Esther Dyson: We Need to Fix Health Behavior
Investor Esther Dyson is a former reporter and Wall Street analyst who has set out to tackle what she calls “the most interesting unsolved problems in health care and human behavior.” Top among them is the high rate of self-inflicted illness from bad diet and too little exercise.
In March, Dyson released a manifesto describing new idea: create a challenge among small U.S. cities to see which can most improve its health, measured by factors like weight, blood pressure, and sick days. The effort, she says, will be propelled by hard data on the best prevention practices, and aims to find ways to turn good health into a profit-making strategy.
It’s a long-term project, and one that’s still looking for a “benevolent but ultimately profit-driven billionaire” or patron to back it, she says. But Dyson has already laid some of the groundwork by investing in 27 health startups, many of which are trying to use technology to bring individuals new insights into their own health, such as consumer-genetics company 23andMe and health-answers site HealthTap.
MIT Technology Review asked Dyson about her plans.
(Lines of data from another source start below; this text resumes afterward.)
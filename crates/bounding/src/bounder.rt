// Licensed to the Apache Software Foundation (ASF) under one
// or more contributor license agreements.  See the NOTICE file
// distributed with this work for additional information
// regarding copyright ownership.  The ASF licenses this file
// to you under the Apache License, Version 2.0 (the
// "License"); you may not use this file except in compliance
// with the License.  You may obtain a copy of the License at
//
//   http://www.apache.org/licenses/LICENSE-2.0
//
// Unless required by applicable law or agreed to in writing,
// software distributed under the License is distributed on an
// "AS IS" BASIS, WITHOUT WARRANTIES OR CONDITIONS OF ANY
// KIND, either express or implied.  See the License for the
// specific language governing permissions and limitations
// under the License.

// Changed: ported to Rattle from src/bounding.rs of parquet-geospatial 60.0.0. A bounder that counts is a type of its own, so that a hint
// can only be set before the first shape. Shapes come from checked bytes, by whole runs, or from
// any source, in one walk that keeps four hulls.
ghost use Rattle.std.specs.Prelude.{◌≡◌, [], IfOk, MatchResult};
ghost use Rattle.interval.specs.Pairs.{ends, inner_ends, nothing};
ghost use Rattle.shapes.specs.Wkb.{decode, refused};
ghost use Rattle.bounding.specs.Laws.{HeldCoords, Tells};
ghost use Rattle.bounding.specs.Numbers.{numbers};
ghost use Rattle.bounding.specs.Record as Record;
ghost use Rattle.bounding.specs.Told as Told;
ghost use Rattle.bounding.specs.Walk as Walk;
ghost use Rattle.bounding.specs.Walk.{Adds, Counts, kept};

use crate::records::{Answer, PageRecord};
use interval::{Fault, Interval, IntervalTrait, WraparoundInterval};
use shapes::{Cursor, Hulls, ShapeSource};
use std::alloc::{AllocError, Global};

// A new bounder: no shape was added yet, and its hint can be set.
#[derive(Drop)]
pub struct GeometryBounder {
    pub(crate) hint: Interval,
}

// A bounder to which shapes are added. Its hint is settled: each call says that it stays, since that is no fact of one state.
#[derive(Drop)]
pub struct CountingBounder {
    pub(crate) kept: PageRecord,
    pub(crate) hint: Interval,
}

// Where the hint is divided: at its middle, or at +∞ where its width overflows.
fn divide(hint: &Interval) -> f64
    ensures { result ≡ Record.divide (ends hint.now) }
{
    if hint.lo.is_finite() & hint.hi.is_finite() & (hint.width() == f64::INFINITY) {
        f64::INFINITY
    } else {
        hint.mid()
    }
}

impl GeometryBounder {
    // A bounder without a hint: its hint is empty.
    pub fn empty() -> GeometryBounder
        ensures { ends result.hint ≡ nothing }
    {
        GeometryBounder {
            hint: Interval::empty(),
        }
    }

    pub fn with_wraparound_hint(self, hint: Interval) -> GeometryBounder
        ensures { result.hint ≡ hint }
    {
        GeometryBounder { hint }
    }

    // From here on shapes are added, and the hint stays.
    pub fn start(self) -> CountingBounder
        ensures hint { result.hint ≡ self.hint }
        ensures fresh { kept result.kept ≡ Record.record_of (ends self.hint) [] }
    {
        CountingBounder {
            kept: PageRecord::empty(),
            hint: self.hint,
        }
    }
}

impl CountingBounder {
    // Adds the shape of a source, which is read to its end.
    pub fn update_source<S: ShapeSource>(&mut self, source: &mut S)
        ensures adds { Adds (ends self.old.hint) (kept self.old.kept) (S.means source.old) (kept self.new.kept) }
        ensures hint { self.new.hint ≡ self.old.hint }
        ensures drained { (S.means source.new).coords ≡ [] }
        ensures held { HeldCoords (S.means source.old).coords }
    {
        let code = source.code();
        let middle = divide(&self.hint);
        let mut page = self.kept;
        let mut hulls = Hulls::empty();
        while let Some(c) = source.next() {
            if !c.joins {
                page = page.settled(middle, &hulls);
                hulls = Hulls::empty();
            }
            hulls = hulls.with(&c);
        }
        let last = page.settled(middle, &hulls);
        self.kept = PageRecord {
            codes: last.codes.with(code),
            ..last
        };
    }

    // Adds the shape that the bytes hold, or passes the byte fault on and leaves the bounder as it was.
    pub fn update_wkb(&mut self, bytes: &[u8]) -> Result<(), Fault>
        ensures adds { MatchResult result (λ _. Counts (ends self.old.hint) (kept self.old.kept) bytes.now (kept self.new.kept)) (λ f. (decode bytes.now ≡ refused f) × (self.new ≡ self.old)) }
        ensures hint { self.new.hint ≡ self.old.hint }
    {
        let checked = shapes::check(bytes)?;
        let mut cursor = Cursor::new(checked);
        let code = cursor.code();
        let middle = divide(&self.hint);
        let mut page = self.kept;
        while let Some(run) = cursor.next_run() {
            page = page.settled(middle, &run);
        }
        let counted = PageRecord {
            codes: page.codes.with(code),
            ..page
        };
        self.kept = counted;
        Ok(())
    }

    // Forgets the shapes and keeps the hint.
    pub fn restart(&mut self)
        ensures fresh { kept self.new.kept ≡ Record.record_of (ends self.old.hint) [] }
        ensures hint { self.new.hint ≡ self.old.hint }
    {
        self.kept = PageRecord::empty();
    }

    pub fn hint(&self) -> Interval
        ensures { result ≡ self.now.hint }
    {
        let CountingBounder { hint, .. } = self;
        *hint
    }

    // What is kept of the shapes so far.
    pub fn record(&self) -> PageRecord
        ensures { result ≡ self.now.kept }
    {
        let CountingBounder { kept, .. } = self;
        *kept
    }

    // The pair of x, which wraps where lo is above hi.
    pub fn x(&self) -> WraparoundInterval
        ensures { inner_ends result ≡ Told.told_x (ends self.now.hint) (kept self.now.kept) }
    {
        self.kept.x(&self.hint)
    }

    pub fn y(&self) -> Interval
        ensures { result ≡ self.now.kept.y }
    {
        self.kept.y
    }

    pub fn z(&self) -> Interval
        ensures { result ≡ self.now.kept.z }
    {
        self.kept.z
    }

    pub fn m(&self) -> Interval
        ensures { result ≡ self.now.kept.m }
    {
        self.kept.m
    }

    // The outermost codes of the shapes in rising order, each once.
    pub fn geometry_types(&self, heap: Global) -> Result<Vec<u32>, AllocError>
        ensures { IfOk result (λ v. v.items ≡ numbers self.now.kept.codes.bits) }
    {
        self.kept.codes.numbers(heap)
    }

    // What is told of the shapes so far, and what that says of them: it covers their runs, and does not depend on their order or copies.
    pub fn tell(&self) -> Answer
        ensures exact { Walk.answer result ≡ Told.told (ends self.now.hint) (kept self.now.kept) }
        ensures law { Tells (ends self.now.hint) (kept self.now.kept) (Walk.answer result) }
    {
        self.kept.tell(&self.hint)
    }
}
Why are you involved in disease prevention?
Because I hate seeing stupidity. And it’s colossal stupidity that people aren’t healthier, because we know how to do it.
What’s the big idea that you have to help?
I just founded something called HICcup, which stands for Health Initiative Coördinating Council. It’s my main job now. The goal is to coördinate five or six communities that will compete in a contest to be the most improved health community over five or 10 years.
The fundamental premise is that a single health intervention has a low degree of virality—they don’t catch on. If you start with a diabetes intervention program, the impact peters out. But if you do multiple things, they reinforce one another. You need the bike path, a diabetes program, and maybe a bunch of quantified-self tools. If you have a critical density of these things interacting, they are likely to have a multiplied effect. We want to prove that, so other people will copy it, and make money doing it.
How far along is your project?
I am looking for all the effectiveness studies that I can find. Unfortunately there are not many. It’s easy to find studies of a drug and how many people got cured of cancer, but I am looking more at the population-level sorts of things—what happens to the average weight of a population if I put in a bike path? We need that data so we can build a model where someone else can look at it and say yeah, I want to spend my $100 million in this way, on these three programs. It’s going to be a big data story.
Is the idea to reduce medical spending?
The challenge in health care is to cut off the bad spending and increase the good spending. Some of the lower-cost things we can do are just environmental changes. Having a sign next to the elevators saying “Please take the stairs.” It’s like, instead of promoting doughnuts, you promote carrot sticks.
Can technology help create these kind of population-level changes in health?
A lot of this requires very little exotic technology. What it requires is social buy-in and changes in diet. But technology can help because it’s a reminder, it’s personal, and it’s cheap. That sign by the elevator, it could be customized to say “Hey, Esther. Please take the stairs.” My smartphone could say “Your goal for the day is to walk up 10 flights of stairs and it’s 9 p.m. How are you planning to complete this goal?” There are devices to tell you how many steps you took, the composition of the blood, and sleep patterns. Those are more personal, they are more self-involving, if they are well designed, they can be gamified so that you just want those extra points, and you’ll take another walk around the block in order to get them. We’re going to let communities choose which technologies and interventions they want to use.
How is anyone going to make money with prevention?
The only way that this is going to work is if there is money in it. The ultimate purpose of HICcup is to prove that there is a return on investment, so we need a model not just for the health side, but for the financial side, where the money comes from, and how you can capture it as an investor. Think of an employer who spends $500 million a year on health care, and it’s growing at 3 percent a year. If you agree to take that over, to keep those people healthy, and you can cut costs by $50 million, well, you are making $50 million a year.
There are huge inefficiencies in health care that technology, properly applied, could help with. And there is starting to be dramatic changes in the payment mechanisms with Obamacare. You’ll get paid for health outcomes rather than [medical] activity. So there is a lot of opportunity.
It seems like health care, and specifically prevention, is drawing more interest from venture capitalists.
Well, partly, some of them are getting old and are probably beginning to notice their own health. And it’s a problem worth solving. It’s not the latest app for finding friends you can go to a concert with. Yeah, sorry, that just doesn’t excite me as a challenge.